_ACTION ITEM_. Once the line containing "lists the breakpoints." is found in the records below, return it and each following line exactly, up to and including the line containing "digits are hexadecimal.", and nothing else.

_Dataset records_.
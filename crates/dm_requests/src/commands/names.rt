//! The names of debugger commands: one letter or two, in either case.

ghost use Rattle.std.specs.Prelude.{◌≡◌};
ghost use Rattle.dm_requests.specs.commands.Names.{uppercase, letter_name, pair_name, command_word};

/// A debugger command, known by its name alone: what follows the name is in `Command`.
#[derive(Clone, Copy, Debug, PartialEq, Eq)]
pub(crate) enum CommandName {
    Registers,
    Unassemble,
    Dump,
    Arena,
    Pages,
    Extended,
    Go,
    Trace,
    Break,
    Clear,
    Breakpoints,
    Enter,
    Output,
}

/// A letter a to z in upper case; any other byte as it is.
fn upper_byte(byte: u8) -> u8
    ensures { result ≡ uppercase byte }
{
    if b'a' <= byte && byte <= b'z' {
        byte - 32
    } else {
        byte
    }
}

/// The command with a name of one letter, in upper case; None if there is none.
fn of_letter(letter: u8) -> Option<CommandName>
    ensures { result ≡ letter_name letter }
{
    match letter {
        b'B' => Some(CommandName::Break),
        b'D' => Some(CommandName::Dump),
        b'E' => Some(CommandName::Enter),
        b'G' => Some(CommandName::Go),
        b'M' => Some(CommandName::Arena),
        b'O' => Some(CommandName::Output),
        b'P' => Some(CommandName::Pages),
        b'R' => Some(CommandName::Registers),
        b'T' => Some(CommandName::Trace),
        b'U' => Some(CommandName::Unassemble),
        b'X' => Some(CommandName::Extended),
        _ => None,
    }
}

/// The command with a name of two letters, in upper case: BC or BL. None for any other.
fn of_letters(first: u8, second: u8) -> Option<CommandName>
    ensures { result ≡ pair_name first second }
{
    if first != b'B' {
        return None;
    }
    match second {
        b'C' => Some(CommandName::Clear),
        b'L' => Some(CommandName::Breakpoints),
        _ => None,
    }
}

/// The command that a word names, in either case; None if it names none.
pub(crate) fn read_name(word: &[u8]) -> Option<CommandName>
    ensures { result ≡ command_word word.now }
{
    match word {
        [letter] => of_letter(upper_byte(*letter)),
        [first, second] => of_letters(upper_byte(*first), upper_byte(*second)),
        _ => None,
    }
}
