//! The commands of a debugger, with what follows their names.

ghost use Rattle.std.specs.Prelude.{◌≡◌, ◌≤◌, length};

use arrayvec::ArrayVec;
use std::marker::Model;

/// A segment and an offset.
#[derive(Clone, Copy, Debug, PartialEq, Eq)]
pub struct LogicalAddress {
    pub segment: u16,
    pub offset: u16,
}

/// The bytes that E writes: at most 64. Contracts see the list of them.
#[derive(Drop)]
pub struct Bytes {
    bytes: ArrayVec<u8, 64>,
}

impl Model for Bytes {
    ghost use Rattle.std.specs.Prelude.{ℕ, List};

    ghost Value = { List ℕ };

    ghost view = { λ b. b.bytes.items };
}

impl Bytes {
    /// A copy of `bytes`, of which there are at most 64.
    pub(crate) fn new(bytes: &[u8]) -> Bytes
        requires { length bytes.now ≤ 64 }
        ensures { result ≡ bytes.now }
    {
        let mut list = ArrayVec::new();
        // There is room for them.
        let _ = list.try_extend_from_slice(bytes);
        Bytes { bytes: list }
    }

    /// The bytes.
    pub fn as_slice(&self) -> &[u8]
        ensures value { result.now ≡ self.now }
        ensures few { length result.now ≤ 64 }
    {
        self.bytes.as_slice()
    }
}

/// A command of the debugger.
#[derive(Drop)]
pub enum Command {
    /// R: lists the registers, and the instruction at CS:IP.
    Registers,
    /// U: lists this number of instructions, at most 1000h, from an address on.
    Unassemble(LogicalAddress, u16),
    /// D: lists this number of bytes, at most 10000h, from an address on.
    Dump(LogicalAddress, u32),
    /// M: lists the headers of the arena.
    Arena,
    /// P: lists the handles of expanded memory, and what the windows show.
    Pages,
    /// X: lists the blocks of extended memory, the upper memory blocks, A20 and the high memory area.
    Extended,
    /// G: makes at most this number of steps, up to a breakpoint or a stop.
    Go(u32),
    /// T: makes this number of steps, at most 1000h, or those up to a stop, and lists the registers after each.
    Trace(u16),
    /// B: sets a breakpoint.
    Break(LogicalAddress),
    /// BC: clears a breakpoint.
    Clear(LogicalAddress),
    /// BL: lists the breakpoints.
    Breakpoints,
    /// E: writes 1 to 64 bytes from an address on.
    Enter(LogicalAddress, Bytes),
    /// O: shows all that was written to the console.
    Output,
}
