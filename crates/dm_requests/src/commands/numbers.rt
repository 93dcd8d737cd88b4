//! Reading numbers, addresses and bytes as they are typed: all digits are hexadecimal.

ghost use Rattle.std.specs.Prelude.{◌≡◌, ◌<◌, ◌≤◌, [], IfSome, option_map};
ghost use Rattle.hex.specs.Hex.{hex_digit_value};
ghost use Rattle.dm_requests.specs.commands.Numbers.{hexadecimal_number, up_to, word_from_digits, parts_of, logical_address, bytes_from_digits};

use crate::commands::command::{Bytes, LogicalAddress};

/// The largest number of digits of a number.
const DIGITS: usize = 8;

/// The largest number of bytes that one E writes.
const BYTES: usize = 64;

/// The value of a hexadecimal digit, in either case; None for any other byte.
fn digit(byte: u8) -> Option<u8>
    ensures value { result ≡ hex_digit_value byte }
    ensures small { IfSome result (λ d. d < 16) }
{
    match byte {
        b'A'..=b'F' => Some(byte - b'A' + 10),
        b'a'..=b'f' => Some(byte - b'a' + 10),
        b'0'..=b'9' => Some(byte - b'0'),
        _ => None,
    }
}

/// The number that a word of one to eight hexadecimal digits spells; None for any other word.
#[tactic(auto, unfolding(crate::specs::commands::Numbers::hexadecimal_number))]
pub fn read_number(word: &[u8]) -> Option<u32>
    ensures { result ≡ hexadecimal_number word.now }
{
    if word.is_empty() || DIGITS < word.len() {
        return None;
    }
    let mut n: u32 = 0;
    for byte in word {
        n = n * 16 + digit(*byte)? as u32;
    }
    Some(n)
}

/// The number that a word of one to eight hexadecimal digits spells, if it is at most `most`; otherwise None.
pub(crate) fn read_up_to(word: &[u8], most: u32) -> Option<u32>
    ensures value { result ≡ up_to most (hexadecimal_number word.now) }
    ensures few { IfSome result (λ n. n ≤ most) }
{
    let n = read_number(word)?;
    if n <= most { Some(n) } else { None }
}

/// The number that a word of one to eight hexadecimal digits spells, if it is at most FFFFh; otherwise None.
fn read_word(word: &[u8]) -> Option<u16>
    ensures { result ≡ word_from_digits word.now }
{
    let n = read_up_to(word, 0xFFFF)?;
    Some(n as u16)
}

/// The bytes of a word before its first colon, and those after it; None if it has no colon.
fn parts(word: &[u8]) -> Option<(&[u8], &[u8])>
    ensures { option_map (λ x. (x.0.now, x.1.now)) result ≡ parts_of [] word.now }
{
    for (i, byte) in word.iter().enumerate() {
        if *byte == b':' {
            let (before, behind) = word.split_at(i);
            return Some((before, &behind[1..]));
        }
    }
    None
}

/// The address that a word spells: a segment and an offset, each at most FFFFh, with a colon between them. None for any
/// other word.
pub(crate) fn read_address(word: &[u8]) -> Option<LogicalAddress>
    ensures { result ≡ logical_address word.now }
{
    let (before, behind) = parts(word)?;
    let segment = read_word(before)?;
    let offset = read_word(behind)?;
    Some(LogicalAddress { segment, offset })
}

/// The 1 to 64 bytes that a word spells, each as two hexadecimal digits, with nothing between them; None for any other
/// word.
#[tactic(auto, unfolding(crate::specs::commands::Numbers::bytes_from_digits))]
pub(crate) fn read_bytes(word: &[u8]) -> Option<Bytes>
    ensures { result ≡ bytes_from_digits word.now }
{
    let count = word.len() / 2;
    if count == 0 || BYTES < count {
        return None;
    }
    let mut bytes = [0; BYTES];
    let typed = &mut bytes[..count];
    match hex::decode_to_slice(word, typed) {
        Ok(()) => Some(Bytes::new(&bytes[..count])),
        Err(_) => None,
    }
}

_TASK ANSWER_.
    /// BL: lists the breakpoints.
    Breakpoints,
    /// E: writes 1 to 64 bytes from an address on.
    Enter(LogicalAddress, Bytes),
    /// O: shows all that was written to the console.
    Output,
}
filename crates/dm_requests/src/commands/numbers.rt
repository 93dcd8d737cd88b4
//! Reading numbers, addresses and bytes as they are typed: all digits are hexadecimal.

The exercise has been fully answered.